A classic case was the Federal Government's decision to permit oil drilling in California's Santa Barbara Channel. There, primary value was placed on development of the oil resources. The commercial, recreational, aesthetic, and ecological values, which are also important to the resident of Santa Barbara and to the Nation, were largely ignored. The President recently proposed to the Congress that the Federal Government cancel the 20 Federal leases seaward from the State sanctuary extending 16 miles along the Santa Barbara Channel. This is where the blowout erupted in January 1969, spreading a coat of oil across hundreds of square miles including the sanctuary. This action illustrates a commitment to use offshore lands in a balanced and responsible way.
Environmental problems seldom stem from simple causes. Rather they usually rise out of the interplay of many contributing circumstances.
Many individuals cite selfish profit seekers for environmental degradation, rather than laying much of the blame - where it belongs - to misplaced incentives in the economic system. Progress in environmental problems is impossible without a clearer understanding of how the economic system works in the environment and what alternatives are available to take away the many roadblocks to environmental quality.

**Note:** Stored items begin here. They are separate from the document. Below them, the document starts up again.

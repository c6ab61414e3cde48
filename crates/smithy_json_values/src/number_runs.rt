//! Where a number ends, as one of a sort is read under the settings.

ghost use Rattle.std.specs.Prelude.{◌≡◌, ◌≤◌, ℕ, List, false, length, IfSome, IfNone};
ghost use Rattle.smithy_json_values.specs.Codec.{held_settings};
ghost use Rattle.smithy_json_values.specs.LexicalGrammar.{number_test};
ghost use Rattle.smithy_json_values.specs.Private.NumberSorts.{lenient_test};
ghost use Rattle.smithy_json_values.specs.Private.NumberAtPlace.{NumberStands, NumberLies};

use crate::mismatch::begins_as_number;
use smithy_json_grammar::number_grammar::{NumberGrammar, is_number_of, scan_number_of};
use smithy_json_grammar::number_run::number_run_end;
use smithy_json_grammar::scan::skip_blanks;
use smithy_json_settings::Settings;
use smithy_texts::decimal_text::is_decimal;
use smithy_texts::numeral::{are_digits, without_minus};
use std::str;

/// Which texts are numbers of a sort where nothing is strict. Where something is, all are of the grammar of numbers.
#[derive(Clone, Copy)]
pub enum NumberSort {
    /// Numbers of the grammar.
    OfGrammar,
    /// Digits, or a minus and digits.
    BigInteger,
    /// Decimal texts that begin with a minus or a digit.
    Decimal,
}

// Whether the text is a number of the sort where nothing is strict.
fn is_lenient(sort: NumberSort, numbers: NumberGrammar, text: &[u8]) -> bool
    ensures { result ≡ lenient_test sort numbers text.now }
{
    match sort {
        NumberSort::OfGrammar => is_number_of(numbers, text),
        NumberSort::BigInteger => are_digits(without_minus(text)),
        NumberSort::Decimal => begins_as_number(text) && is_decimal(text),
    }
}

// The end of the longest run of bytes of numbers at the offset, where it is a number of the sort.
fn lenient_end(
    sort: NumberSort,
    numbers: NumberGrammar,
    input: &[u8],
    start: usize,
) -> Option<usize>
    requires { start ≤ length input.now }
    ensures found { IfSome result (λ e. NumberStands false (lenient_test sort numbers) input.now start e) }
    ensures none { IfNone result ((e : ℕ) → NumberStands false (lenient_test sort numbers) input.now start e → ⊥) }
{
    let end = number_run_end(input, start);
    if end == start {
        return None;
    }
    if !is_lenient(sort, numbers, &input[start..end]) {
        return None;
    }
    Some(end)
}

/// The end of the number of the sort at the offset.
pub fn number_end_of(
    sort: NumberSort,
    input: &[u8],
    start: usize,
    settings: &Settings,
) -> Option<usize>
    requires { start ≤ length input.now }
    ensures found { IfSome result (λ e. NumberStands (held_settings settings.now).enforce_strictness (number_test (held_settings settings.now) (lenient_test sort (held_settings settings.now).numbers)) input.now start e) }
    ensures none { IfNone result ((e : ℕ) → NumberStands (held_settings settings.now).enforce_strictness (number_test (held_settings settings.now) (lenient_test sort (held_settings settings.now).numbers)) input.now start e → ⊥) }
{
    if settings.enforce_strictness {
        scan_number_of(settings.numbers, input, start)
    } else {
        lenient_end(sort, settings.numbers, input, start)
    }
}

/// The text of the number of the sort that comes first behind blanks, with its end.
pub fn number_of<'a>(
    sort: NumberSort,
    input: &'a [u8],
    at: usize,
    settings: &Settings,
) -> Option<(&'a str, usize)>
    requires { at ≤ length input.now }
    ensures found { IfSome result (λ r. NumberLies (held_settings settings.now).enforce_strictness (number_test (held_settings settings.now) (lenient_test sort (held_settings settings.now).numbers)) input.now at r.0.now r.1) }
    ensures none { IfNone result ((raw : List ℕ) (e : ℕ) → NumberLies (held_settings settings.now).enforce_strictness (number_test (held_settings settings.now) (lenient_test sort (held_settings settings.now).numbers)) input.now at raw e → ⊥) }
{
    let start = skip_blanks(input, at);
    let end = number_end_of(sort, input, start, settings)?;
    let text = unsafe { str::from_utf8_unchecked(&input[start..end]) };
    Some((text, end))
}
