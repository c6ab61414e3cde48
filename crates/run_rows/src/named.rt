//! Statuses by their names.

use smithy_commands::Status;
use smithy_schema::TableFault;
use smithy_transcode::Unfit;

// The fault of a table of this name, at the declaration or in the line of this number.
fn fault_of(name: &str, number: u64) -> Option<TableFault> {
    match name {
        "BadLine" => Some(TableFault::BadLine(number)),
        "FloatShape" => Some(TableFault::FloatShape(number)),
        "UnknownTarget" => Some(TableFault::UnknownTarget(number)),
        "UnknownTimeFormat" => Some(TableFault::UnknownTimeFormat(number)),
        "DuplicateShape" => Some(TableFault::DuplicateShape(number)),
        "NameClash" => Some(TableFault::NameClash(number)),
        "QueryName" => Some(TableFault::QueryName(number)),
        "KeyValueName" => Some(TableFault::KeyValueName(number)),
        "SparseDocument" => Some(TableFault::SparseDocument(number)),
        "TooMany" => Some(TableFault::TooMany(number)),
        _ => None,
    }
}

// A status that has no part.
fn plain_status(name: &str) -> Option<Status> {
    match name {
        "Done" => Some(Status::Done),
        "Usage" => Some(Status::Usage),
        "ReadFailed" => Some(Status::ReadFailed),
        "WriteFailed" => Some(Status::WriteFailed),
        "OutOfMemory" => Some(Status::OutOfMemory),
        "InvalidInput" => Some(Status::InvalidInput),
        "TooDeep" => Some(Status::TooDeep),
        "TooWide" => Some(Status::TooWide),
        "NotCarried" => Some(Status::NotCarried),
        "NoSuchShape" => Some(Status::NoSuchShape),
        "NotAStructure" => Some(Status::NotAStructure),
        "TooLong" => Some(Status::TooLong),
        "Differs" => Some(Status::Differs),
        "LinesRefused" => Some(Status::LinesRefused),
        "FindingsTold" => Some(Status::FindingsTold),
        "NotWellFormed" => Some(Status::NotWellFormed),
        "TooNested" => Some(Status::TooNested),
        "NotForm" => Some(Status::NotForm),
        "NoValue" => Some(Status::NoValue),
        _ => None,
    }
}

// The refusal of the second of two bodies.
fn of_second(name: &str) -> Option<Status> {
    match name {
        "InvalidInput" => Some(Status::SecondInvalidInput),
        "TooDeep" => Some(Status::SecondTooDeep),
        "TooWide" => Some(Status::SecondTooWide),
        "NotCarried" => Some(Status::SecondNotCarried),
        _ => None,
    }
}

// What a wire can't express.
fn unfit_of(name: &str) -> Option<Unfit> {
    match name {
        "Document" => Some(Unfit::Document),
        "Null" => Some(Unfit::Null),
        "Instant" => Some(Unfit::Instant),
        _ => None,
    }
}

/// The status that is written so: its name, and behind blanks its parts.
pub fn status_of(named: &str) -> Option<Status> {
    let Some((name, parts)) = named.split_once(' ') else {
        return plain_status(named);
    };
    if name == "Inexpressible" {
        return Some(Status::Inexpressible(unfit_of(parts)?));
    }
    if name == "Second" {
        return of_second(parts);
    }
    let (fault, number) = parts.split_once(' ')?;
    let number = number.parse::<u64>().ok()?;
    Some(Status::TableRefused(fault_of(fault, number)?))
}
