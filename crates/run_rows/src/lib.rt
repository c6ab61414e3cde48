//! Rows of runs of the program (docs/ROWS.md).
#![tactic(auto)]

mod answer;
mod named;
mod runs;

pub use answer::Runs;
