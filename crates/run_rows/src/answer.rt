//! What a row is answered with.

use crate::named::status_of;
use crate::runs::{ended, lines_of};
use smithy_commands::report;
use smithy_outside::MemorySink;
use smithy_rows::{Field, Program, Row, Rows};
use std::alloc::{AllocError, Global};

/// Runs of the program, and lines on standard error.
pub struct Runs;

// What standard error takes for a status.
fn reported(alloc: Global, named: &str) -> Result<Vec<Field>, AllocError> {
    let mut err = MemorySink::new(alloc, 4096, 4096, Vec::new(alloc))?;
    if let Some(status) = status_of(named) {
        report(&mut err, status);
    }
    lines_of(alloc, &err)
}

impl Program for Runs {
    fn is_answer(&self, word: &str) -> bool {
        matches!(
            word,
            "status" | "output" | "lost" | "error" | "error-part" | "error-faults"
        )
    }

    fn answer(&self, alloc: Global, rows: &Rows, row: &Row) -> Result<Vec<Field>, AllocError> {
        match row.text("report") {
            Some(named) => reported(alloc, named),
            None => ended(alloc, rows, row),
        }
    }
}
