//! Instants, as the settings and the form of their place have them read: a number of seconds, or a date as a string.

ghost use Rattle.std.specs.Prelude.{◌≡◌, ◌≤◌, length, IfOk, MatchOption};
ghost use Rattle.smithy_instants.specs.Epoch.{epoch_nanos};
ghost use Rattle.smithy_declarations.specs.Value.{instant, scalar_value};
ghost use Rattle.smithy_json_values.specs.Codec.{held_settings};
ghost use Rattle.smithy_json_values.specs.LexicalGrammar.{grammar_of};
ghost use Rattle.smithy_json_values.specs.Scalar.{format_at, takes_seconds, lenient_form, string_form, seconds_read_as};
ghost use Rattle.smithy_json_values.specs.Private.InstantAtPlace.{NoSecondsLie, NoDateLies};
ghost use Rattle.smithy_json_values.specs.Private.ScalarAtPlace.{InstantLies, UncarriedLies, NoInstantLies};
ghost use Rattle.smithy_wire.specs.Rules.{means, no_meaning, uncarried};
ghost use Rattle.smithy_wire.specs.Finding.{MatchFound};

use crate::number_runs::{NumberSort, number_of};
use crate::texts::text_of;
use crate::values::string_at;
use smithy_json_settings::Settings;
use smithy_schema::TimestampFormat;
use smithy_types::{DateTime, EpochError, Format, read_epoch};
use smithy_wire::Found;
use std::alloc::{AllocError, Global};

// The form of instants at a place with this form or none.
fn format_at(settings: &Settings, time: Option<TimestampFormat>) -> Format
    ensures { result ≡ format_at (held_settings settings.now) time }
{
    match time {
        Some(form) => form.format(),
        None => settings.default_timestamp_format,
    }
}

/// Whether a number may stand for an instant at a place with this form or none.
pub fn takes_seconds(settings: &Settings, time: Option<TimestampFormat>) -> bool
    ensures { result ≡ takes_seconds (held_settings settings.now) time }
{
    if !settings.strict_timestamp_formats {
        return true;
    }
    match format_at(settings, time) {
        Format::EpochSeconds => true,
        Format::DateTime | Format::DateTimeWithOffset | Format::HttpDate => false,
    }
}

// The form of strings where forms aren't strict.
fn lenient_form(default: Format, time: Option<TimestampFormat>) -> Format
    ensures { result ≡ lenient_form default time }
{
    match time {
        Some(TimestampFormat::DateTime) => Format::DateTimeWithOffset,
        Some(TimestampFormat::HttpDate) => Format::HttpDate,
        Some(TimestampFormat::EpochSeconds) => Format::EpochSeconds,
        None => match default {
            Format::HttpDate => Format::HttpDate,
            Format::DateTime | Format::DateTimeWithOffset | Format::EpochSeconds => {
                Format::DateTimeWithOffset
            }
        },
    }
}

/// The form of a string that stands for an instant at a place with this form or none, where one may.
pub fn string_form(settings: &Settings, time: Option<TimestampFormat>) -> Option<Format>
    ensures { result ≡ string_form (held_settings settings.now) time }
{
    if !settings.strict_timestamp_formats {
        return Some(lenient_form(settings.default_timestamp_format, time));
    }
    match format_at(settings, time) {
        Format::EpochSeconds => None,
        form => Some(form),
    }
}

// The instant of a number of seconds.
fn instant_of(seconds: &str) -> Found<DateTime>
    ensures { MatchFound result (λ d. seconds_read_as (epoch_nanos seconds.now) ≡ means (scalar_value (instant d))) (seconds_read_as (epoch_nanos seconds.now) ≡ no_meaning) (seconds_read_as (epoch_nanos seconds.now) ≡ uncarried) }
{
    match read_epoch(seconds.as_bytes()) {
        Ok(instant) => Found::Value(instant),
        Err(EpochError::NotWhole) => Found::Beyond,
        Err(EpochError::OutOfRange) => Found::Nothing,
    }
}

// The instant of the number of seconds that comes first behind blanks, with its end, where a number may stand for one.
fn seconds_at(
    input: &[u8],
    at: usize,
    time: Option<TimestampFormat>,
    settings: &Settings,
) -> Found<(DateTime, usize)>
    requires { at ≤ length input.now }
    ensures { MatchFound result (λ r. InstantLies (grammar_of (held_settings settings.now)) (held_settings settings.now) time input.now at r.0 r.1) (NoSecondsLie (grammar_of (held_settings settings.now)) (held_settings settings.now) time input.now at) (UncarriedLies (grammar_of (held_settings settings.now)) (held_settings settings.now) time input.now at) }
{
    if !takes_seconds(settings, time) {
        return Found::Nothing;
    }
    let Some((seconds, end)) = number_of(NumberSort::Decimal, input, at, settings) else {
        return Found::Nothing;
    };
    match instant_of(seconds) {
        Found::Value(instant) => Found::Value((instant, end)),
        Found::Nothing => Found::Nothing,
        Found::Beyond => Found::Beyond,
    }
}

// The instant of the string that comes first behind blanks and is a date of the form that strings have at the place, with its end.
fn date_at(
    alloc: Global,
    input: &[u8],
    at: usize,
    time: Option<TimestampFormat>,
    settings: &Settings,
) -> Result<Option<(DateTime, usize)>, AllocError>
    requires { at ≤ length input.now }
    ensures { IfOk result (λ o. MatchOption o (NoDateLies (grammar_of (held_settings settings.now)) (held_settings settings.now) time input.now at) (λ r. InstantLies (grammar_of (held_settings settings.now)) (held_settings settings.now) time input.now at r.0 r.1)) }
{
    let Some(form) = string_form(settings, time) else {
        return Ok(None);
    };
    let Some(string) = string_at(input, at, settings) else {
        return Ok(None);
    };
    let Some(text) = text_of(alloc, string.text, string.has_escape)? else {
        return Ok(None);
    };
    match DateTime::from_str(text.as_str(), form) {
        Ok(instant) => Ok(Some((instant, string.closing + 1))),
        Err(_) => Ok(None),
    }
}

/// The instant that comes first behind blanks, at a place with this form or none, with its end.
pub fn instant_at(
    alloc: Global,
    input: &[u8],
    at: usize,
    time: Option<TimestampFormat>,
    settings: &Settings,
) -> Result<Found<(DateTime, usize)>, AllocError>
    requires { at ≤ length input.now }
    ensures { IfOk result (λ f. MatchFound f (λ r. InstantLies (grammar_of (held_settings settings.now)) (held_settings settings.now) time input.now at r.0 r.1) (NoInstantLies (grammar_of (held_settings settings.now)) (held_settings settings.now) time input.now at) (UncarriedLies (grammar_of (held_settings settings.now)) (held_settings settings.now) time input.now at)) }
{
    match seconds_at(input, at, time, settings) {
        Found::Value(found) => Ok(Found::Value(found)),
        Found::Beyond => Ok(Found::Beyond),
        Found::Nothing => match date_at(alloc, input, at, time, settings)? {
            Some(found) => Ok(Found::Value(found)),
            None => Ok(Found::Nothing),
        },
    }
}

Our price system fails to take into account the environmental damage that the polluter inflicts on others. Economists call these damages - which are very real - "external social costs." They reflect the ability of one entity, e.g., a company, to use water or air as a free resource for waste disposal, while others pay the cost in contaminated air or water. If there were a way to make the price structure shoulder these external costs - taxing the firm for the amount of discharge, for instance - then the price for the goods and services produced would reflect these costs. Failing this, goods whose production spawn pollution are greatly underpriced because the purchaser does not pay for pollution abatement that would prevent environment damage. Not only does this failure encourage pollution but it warps the price structure. A price structure that took environmental degradation into account would cause a shift in prices, hence a shift in consumer preferences and, to some extent, would discourage buying pollution-producing products.
Another type of misplaced incentive lies imbedded in the tax structure. The property tax, for example, encourages architectural design that leans more to rapid amortization than to quality. It may also encourage poor land use because of the need for communities to favor industrial development and discourage property uses, such as high-density housing, which cost more in public services than they produce in property taxes. Other taxes encourage land speculation and the leap-frog development that has become the trademark of the urban-rural fringe.
Americans have placed a high priority on convenience and consumer goods. In recent times they have learned to value the convenience and comfort of modern housing, transportation, communication, and recreation above clean earth, sky, and water. A majority, like a prodigal son, have been willing to consumer vasts amounts of resources and energy, failing to understand how their way of life may choke off open space, forests, clean air, and clean water. It is only recently that the public has become conscious of some of the conflicts between convenience and a deteriorating environment.
In the early days of westward expansion, a period in which many national values were shaped, choices did not seem necessary. The forests, minerals, rivers, lakes, fish, and wildlife of the continent seem inexhaustible. Today choices based on values must be made at every turn. Values can be gauged to some degree by the costs that the Nation is collectively willing to incur to protect them. Some of the costs of environmental improvements can be paid with local, State, and Federal tax money. But paying taxes and falling back on government programs is not enough. People may ultimately have to forgo some conveniences and pay higher prices for some goods and services.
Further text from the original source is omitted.